A commitment scheme MUST provide two security features:

  • Binding: the sender could not show two valid values $m_1, m_2$ for a commitment $com$, that is, $com = commit(m_1)$, and $com = commit(m_2)$.
  • Hiding: the commitment reveals nothing about the committed value.

The commitment schemes could be either non-functional or functional. The former can solely commit and hide a value until it is revealed later, it could not provide any further computation or interaction with the commitments. Otherwise, a functional commitment scheme provides additional properties beyond just hiding the value. It allows for some form of computation or interaction with the committed value while maintaining its security properties. This means that operations can be performed on the committed value without revealing it, or proofs about the committed value can be generated and verified without revealing it.

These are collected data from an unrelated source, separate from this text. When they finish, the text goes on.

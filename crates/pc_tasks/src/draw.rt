//! The items, the events and the activities of the plan that is generated from tasks.
ghost use Rattle.std.specs.Prelude.{◌≡◌, ◌++◌, ◌<◌, ◌≤◌, [], ◌∷◌, All, length, map, IfOk, OnOk};
ghost use Rattle.pc_tasks.specs.network.Tasks.{AreAmong};
ghost use Rattle.pc_tasks.specs.Drawn.{
  after_links,
  drawn_event,
  drawn_events,
  first_link,
  last_link,
  link,
  links_item,
  drawn_links,
  task_act,
  task_acts,
  top_code,
};
ghost use Rattle.pc_tasks.specs.Lists.{afters_in};

use crate::codes::{after_code, begin_code, end_code, first_code, last_code, links_code, no_title};
use crate::links::{firsts, lasts};
use pc_deck::{ActCard, ItemCard, TaskCard, TaskCards, TitledCard};
use pc_project::AfterRow;
use pc_text::Code;
use std::alloc::{AllocError, Global};

/// Returns the items, and one below the top for the links.
pub(crate) fn items_of(alloc: Global, cards: &TaskCards) -> Result<Vec<ItemCard>, AllocError>
    ensures { IfOk result (λ items. items.items ≡ cards.now.items ++ links_item cards.now ∷ []) }
{
    let mut items = Vec::from_slice(alloc, cards.items())?;
    items.push(ItemCard {
        row: 0,
        code: links_code(),
        parent: top_code(cards),
        title: no_title(),
    })?;
    Ok(items)
}

/// Returns the code of the first item without a parent.
fn top_code(cards: &TaskCards) -> Option<Code>
    ensures { result ≡ top_code cards.now }
{
    match cards.items().iter().find(|item| item.parent.is_none()) {
        Some(item) => Some(item.code),
        None => None,
    }
}

/// Returns the events: the start, two for each task, and the end.
pub(crate) fn events_of(alloc: Global, cards: &TaskCards) -> Result<Vec<TitledCard>, AllocError>
    ensures { IfOk result (λ events. events.items ≡ drawn_events cards.now) }
{
    let tasks = cards.tasks().len() as u32;
    let mut events = Vec::with_capacity(alloc, 2 * tasks as usize + 2)?;
    events.push(drawn_event(cards.project().start))?;
    for i in 0..tasks {
        events.push(drawn_event(begin_code(i)))?;
        events.push(drawn_event(end_code(i)))?;
    }
    events.push(drawn_event(cards.project().end))?;
    Ok(events)
}

fn drawn_event(code: Code) -> TitledCard
    ensures { result ≡ drawn_event code }
{
    TitledCard {
        row: 0,
        code,
        title: no_title(),
    }
}

/// Returns the tasks as activities, and then the links.
pub(crate) fn acts_of(
    alloc: Global,
    cards: &TaskCards,
    afters: &[AfterRow],
) -> Result<Vec<ActCard>, AllocError>
    requires afters { afters.now ≡ afters_in cards.now }
    requires among { AreAmong (length cards.now.tasks) afters.now }
    ensures { IfOk result (λ acts. acts.items ≡ task_acts 0 cards.now.tasks ++ drawn_links cards.now) }
{
    let tasks = cards.tasks().len() as u32;
    let heads = firsts(alloc, tasks, afters)?;
    let tails = lasts(alloc, tasks, afters)?;
    let room = cards.tasks().len() + afters.len() + heads.len() + tails.len();
    let mut acts = Vec::with_capacity(alloc, room)?;
    put_acts(&mut acts, cards, afters, &heads, &tails)?;
    Ok(acts)
}

/// Appends the tasks as activities, and then the links.
fn put_acts(
    acts: &mut Vec<ActCard>,
    cards: &TaskCards,
    afters: &[AfterRow],
    heads: &[u32],
    tails: &[u32],
) -> Result<(), AllocError>
    requires few { length afters.now ≤ 20_000 }
    requires among { AreAmong 4_000 afters.now }
    requires heads { All (λ i. i < 20_000) heads.now }
    requires tails { All (λ i. i < 20_000) tails.now }
    ensures { OnOk result (acts.new.items ≡ acts.old.items ++ (task_acts 0 cards.now.tasks
        ++ (after_links 0 afters.now
        ++ (map (first_link cards.now) heads.now ++ map (last_link cards.now) tails.now)))) }
{
    put_tasks(acts, cards.tasks())?;
    put_afters(acts, afters)?;
    put_firsts(acts, cards, heads)?;
    put_lasts(acts, cards, tails)
}

/// Returns the activity of a task.
fn task_act(i: u32, task: &TaskCard) -> ActCard
    requires { i < 20_000 }
    ensures { result ≡ task_act i task.now }
{
    ActCard {
        row: task.row,
        code: task.code,
        from: begin_code(i),
        to: end_code(i),
        item: task.item,
        opt: task.opt,
        likely: task.likely,
        pess: task.pess,
        normal: task.normal,
        crash: task.crash,
        cost: task.cost,
        slope: task.slope,
        title: task.title,
    }
}

/// Returns a link, which lasts and costs nothing.
fn link(code: Code, from: Code, to: Code) -> ActCard
    ensures { result ≡ link code from to }
{
    ActCard {
        row: 0,
        code,
        from,
        to,
        item: links_code(),
        opt: 0,
        likely: 0,
        pess: 0,
        normal: 0,
        crash: 0,
        cost: 0,
        slope: 0,
        title: no_title(),
    }
}

/// Appends the activity of each task.
fn put_tasks(acts: &mut Vec<ActCard>, tasks: &[TaskCard]) -> Result<(), AllocError>
    requires { length tasks.now ≤ 20_000 }
    ensures { OnOk result (acts.new.items ≡ acts.old.items ++ task_acts 0 tasks.now) }
{
    for (i, task) in tasks.iter().enumerate() {
        acts.push(task_act(i as u32, task))?;
    }
    Ok(())
}

/// Appends a link for each row.
fn put_afters(acts: &mut Vec<ActCard>, afters: &[AfterRow]) -> Result<(), AllocError>
    requires few { length afters.now ≤ 20_000 }
    requires among { AreAmong 4_000 afters.now }
    ensures { OnOk result (acts.new.items ≡ acts.old.items ++ after_links 0 afters.now) }
{
    for (j, after) in afters.iter().enumerate() {
        acts.push(link(
            after_code(j as u32),
            end_code(after.before),
            begin_code(after.task),
        ))?;
    }
    Ok(())
}

/// Appends a link from the start to each of these tasks.
fn put_firsts(acts: &mut Vec<ActCard>, cards: &TaskCards, tasks: &[u32]) -> Result<(), AllocError>
    requires { All (λ i. i < 20_000) tasks.now }
    ensures { OnOk result (acts.new.items ≡ acts.old.items ++ map (first_link cards.now) tasks.now) }
{
    let start = cards.project().start;
    for i in tasks {
        acts.push(link(first_code(*i), start, begin_code(*i)))?;
    }
    Ok(())
}

/// Appends a link from each of these tasks to the end.
fn put_lasts(acts: &mut Vec<ActCard>, cards: &TaskCards, tasks: &[u32]) -> Result<(), AllocError>
    requires { All (λ i. i < 20_000) tasks.now }
    ensures { OnOk result (acts.new.items ≡ acts.old.items ++ map (last_link cards.now) tasks.now) }
{
    let end = cards.project().end;
    for i in tasks {
        acts.push(link(last_code(*i), end_code(*i), end))?;
    }
    Ok(())
}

An example of non-functional commitment is the use of a hash function $H$ (e.g., SHA256) to commit a message $m$. We just have to hash $m$ with some randomness $r$, that is, $com = H(m, r)$, and to verify we just have to rehash the given message $m$ and the randomness $r$, then compare if the output is equal to the commitment $com$. Although this commitment scheme hides and binds the message $m$, we could not do any computation on the commitment. Real-world applications need more features than that.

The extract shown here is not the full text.